Now that I’ve sort of ranted about tinkering with software and how it is less important than writing, let’s talk about form.

I’ve found new energy in writing here of late. Part of that, I think, comes from thinking about a handful of weblogs that I really enjoy and figuring out how to emulate them on my own terms. What I find most intriguing and energizing to study is the framework within each author writes.

Shawn Blanc is a tasteful writer and curator. His site brings me interesting insight into design, aesthetic, and interface. I like his even-handed mix of original and linked content, his in-depth pieces, and his dedication to words over imagery. You can tell I’m thinking of Shawn when I write lengthy pieces examining an idea from all sides or when I post shorter links with a few sentences on how the linked article fits into a larger idea or aesthetic I find intriguing.

Tim Bray has his hands on many of the technologies and ideas I use on a regular basis. On his own weblog, he often goes off into the weeds of an idea, documenting an intellectual journey of trying to understand a topic that is new or interesting to him. I don’t always agree, and even find some of his stuff boring, but love it when he grabs hold of an idea and works on it. You can tell when I’m wearing my Tim hat (not literally) when I write a serial, a bunch of posts tied together by some idea, trying to figure out where the idea leads and how it fits into the bigger picture of an intellectual journey.

Jason Kottke is sort of the original gangster of curation. He is at his best and prolific when he is pulling together ideas, finding the unique and wonderful stuff.
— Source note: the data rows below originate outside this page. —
// The answer when a trick is complete: by counting, or by the question of the next trick.
#[cycle(zero_window)]
#[inline(always)]
fn answer_after_trick<B: Bounds, M: Meter>(
    position: &Position,
    need: u8,
    table: &mut B,
    meter: &mut M,
) -> Result<Verdict, HaltWord>
    requires turn { length position.now.trick ≡ cards_before Turn.First }
    ensures winning_ranks { IfOk result (λ answer. IsAnswerBy position.now need answer.cards answer.yes) }
    ensures ticked { (m : M) → M.ticked m meter.old → OnOk result (M.ticked m meter.new) }
    ensures ends { EndsAs (M.says meter.new) result }
    ensures limit { M.limit meter.new ≡ M.limit meter.old }
{
    match answer_by_counting(position, need) {
        Some(yes) => Ok(Verdict::new(yes, Hand::new())),
        None => zero_window_at_first_hand(position, need, table, meter),
    }
}

/// How many tricks North and South still need when this seat has won one.
#[inline]
pub(crate) fn rest_after(need: u8, winner: Option<Seat>) -> u8
    requires { 1 ≤ need }
    ensures { result + north_souths_trick winner ≡ need }
{
    need - trick_of(winner)
}

/// The answer where counting settles it: none needed, or more than are left.
#[inline]
pub(crate) fn answer_by_counting(position: &Position, need: u8) -> Option<bool>
    ensures answer { MatchOption result ((1 ≤ need) × (need ≤ tricks_left position.now))
        (λ yes. IsAnswer position.now need yes) }
    ensures winning_ranks { IfSome result (λ yes. IsAnswerBy position.now need [] yes) }
{
    if need == 0 {
        Some(true)
    } else if need > position.tricks_left() {
        Some(false)
    } else {
        None
    }
}

/// A trick for North and South.
#[inline]
pub(crate) fn trick_of(winner: Option<Seat>) -> u8
    ensures value { result ≡ north_souths_trick winner }
    ensures bound { result ≤ 1 }
{
    match winner {
        Some(seat) if seat.is_north_south() => 1,
        _ => 0,
    }
}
But more importantly, his erudition puts a lot of ideas and topics together I don’t normally come across. Sometimes I post things that aren’t really on topic for this weblog, but I do so because I think they represent the “cult of personality” of what I find interesting or exciting; this is me playing the Jason Kottke card.

Rafe Coburn is also a curator, but his topics-of-interest go a bit deeper, a little nerdier. Rafe’s at his strongest when he’s pulling together ideas about psychology, economics, science, and history. He uses these ideas to explain the political and technological world we live in. He does so in an opinionated way, but one I find easy to read and non-offensive, even when I disagree with him. I’ve yet to master his tone and the skill by which he brings ideas together, but if you see me posting on topics that are a little boring on their surface, its me trying to make sense of the world in the way that Rafe does.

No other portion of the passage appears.